Но оставим эту грустную тему, я и так в печали. Вновь в который раз, «погода для народа». Иногда, если ветер почти совсем утихает и солнечный свет, очень тихий и старый, как мир, проходит сквозь тучи, а я смотрю в иллюминатор на уродливые легковушки на набережной и где-то вдалеке между домами замечаю маленькое деревце — может быть, тоненький клен или березку, — сотни зеленых листков которого похожи на зеленые зеркальца и так далее; ах, все такое далекое и такое усталое.

Через пару часов корабль отчалит, и на душе у меня тяжело, несмотря на чувство, что принятое решение верно. Самым главным вопросом остается, смогу ли я жить в Испании месяцами в полном одиночестве, но я должен попытаться. Что касается нового партнера, я сомневаюсь, захочется ли мне когда-нибудь пойти на долговременные отношения. В любом случае, ни к одному живому существу я не испытывал столь сильной привязанности. Возможно, если я буду жить в уединении, так будет лучше, этот сорт одиночества легче перенести, чем одиночество в компании другого. Наиважнейшим я считаю то, что смогу плодотворно работать. На это у меня еще осталась надежда, потому что последние пару месяцев, невзирая на ужасные страдания из-за климатических условий, я работал так, как уже не бывало годами. За прошедшие четыре-пять месяцев со времени отъезда Вими я только раз сходил в кино и раза три или четыре зашел в кафе, еще два раза в ресторан, в последний раз только потому, что мой Покровитель Ку. меня туда пригласил. Гостей я практически не принимал, да и сам ни к кому не ходил, никаких вечеринок или чегото в этом роде, ничего, совсем ничего. Я ни одного вечера не провел в беспокойстве, постепенно прекратил всякие блядки и теперь могу легко игнорировать любые попытки к контакту.

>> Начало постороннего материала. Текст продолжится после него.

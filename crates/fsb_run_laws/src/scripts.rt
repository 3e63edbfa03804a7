//! Laws over an agent's place in its script, one clock on: no code.

ghost use Rattle.std.specs.Prelude.{◌≡◌, ◌<◌, ◌+◌, ◌||◌, ℕ, true, false, Some, length, nat_lt};
ghost use Rattle.fsb_count.specs.Options.{is_some_and};
ghost use Rattle.fsb_timely.specs.Completions.{is_arrival};
ghost use Rattle.fsb_timely.specs.Hits.{is_hit};
ghost use Rattle.fsb_timely.specs.Past.{Past};
ghost use Rattle.fsb_timely.specs.Runs.{Run, past_of};
ghost use Rattle.fsb_timely.specs.Scripts.{completes_at, idle_clocks, idle_start, is_idling, items_of, next_number, number_after};
ghost use Rattle.fsb_run_laws.specs.Reaches.{Reaches};
ghost use Rattle.fsb_run_laws.specs.RunSteps.{next_behind};

/// An agent of a timely run that completes its next item at a clock has as its next one the first
/// item behind it that is not idle. (Without a completion the next item stays, as fsb_timely's
/// scripts_step says.)
pub fn next_items_step()
    ensures { (r : Run) (a n number : ℕ) → Reaches r (n + 1) →
        next_number (past_of r) a n ≡ Some number → completes_at (past_of r) a n ≡ true →
        next_number (past_of r) a (n + 1)
        ≡ next_behind (items_of (past_of r) a) number (length (items_of (past_of r) a)) }
{}

/// An agent idles from the clock behind its completion on, for the clocks of the idle items between
/// the item that it completed and its next one; where it completes nothing, from the same clock on
/// and behind the same item as before.
pub fn idling_starts()
    ensures start { (r : Run) (a n number : ℕ) → Reaches r (n + 1) →
        next_number (past_of r) a n ≡ Some number → completes_at (past_of r) a n ≡ true →
        (idle_start (past_of r) a (n + 1) ≡ n + 1)
        × (number_after (past_of r) a (n + 1) ≡ number + 1) }
    ensures kept_start { (p : Past) (a n : ℕ) → completes_at p a n ≡ false →
        idle_start p a (n + 1) ≡ idle_start p a n }
    ensures kept_number { (p : Past) (a n : ℕ) → completes_at p a n ≡ false →
        number_after p a (n + 1) ≡ number_after p a n }
    ensures idling { (r : Run) (a n number : ℕ) → Reaches r (n + 1) →
        next_number (past_of r) a n ≡ Some number → completes_at (past_of r) a n ≡ true →
        is_idling (past_of r) a (n + 1)
        ≡ is_some_and
        (next_behind (items_of (past_of r) a) number (length (items_of (past_of r) a)))
        (λ m. nat_lt (n + 1) (n + 1 + idle_clocks (items_of (past_of r) a) (number + 1) m)) }
    ensures kept_idling { (p : Past) (a n : ℕ) → completes_at p a n ≡ false →
        is_idling p a (n + 1)
        ≡ is_some_and (next_number p a n)
        (λ m. nat_lt (n + 1)
        (idle_start p a n + idle_clocks (items_of p a) (number_after p a n) m)) }
{}

/// An agent of a timely run has an entry at a clock exactly where it has a hit or an arrival there.
pub fn completions_have_clocks()
    ensures { (r : Run) (a n : ℕ) → Reaches r (n + 1) → a < 4 →
        completes_at (past_of r) a n ≡ (is_hit (past_of r) a n || is_arrival (past_of r) a n) }
{}
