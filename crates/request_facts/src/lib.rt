//! Requests for machines: the rows of a table of requests as objects of JSON.
//!
//! [`put_requests`] puts the requests around a clock into an object: those that were over last, and those in flight. Their
//! members are exactly those of the tables in `specs/`. docs/reference/report-json.md lists them for users.
//!
//! Next: fsb_recent, which says which requests these are, and scope_json, which puts them into a report.
#![tactic(auto)]

pub use requests::put_requests;

mod members;
mod requests;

Мне стало ясно, что я был глупцом, вел полную ошибок греховную жизнь, но самое непростительное — что это вылилось в потерю драгоценного времени. У меня было полно идиотских представлений, но теперь я с ними разделался. Длительное время я всерьез считал, что обязан показываться на людях, заботиться о собственном имидже, о том, чтобы люди продолжали обо мне говорить. Правда, я был совершенно уверен в том, что хочу достичь славы и купаться в ее лучах. И только теперь я понял, что это не так, что я, в конечном счете, хочу иного. Теперь, наконец-то, на сороковом году жизни, я осознал, что в известности нечего искать, что я ничего не хочу, кроме как писать и этим, как приличный служащий, продавая написанное, зарабатывать достаточно для нормальной жизни без стеснений и препятствий, которые приносит с собой нищета. Больше ничего. Я понятия не имею, содержит ли написанное мною прежде какой-либо смысл, как утверждают некоторые уважаемые люди, но я знаю, что я должен работать и писать, потому что в этом моя жизнь, а значит и развитие, и ответственность. Я должен писать, потому что это единственный род деятельности, который имеет для меня смысл, не потому что я кому-то или чему-то этим служу, а потому что это моя работа и мое призвание — записывать собственные мысли. Писать для меня так важно, что по сравнению с этим секс, еда, красивая одежда и комфорт, теряют всякое значение, хотя человек я похотливый, страстный и жадный.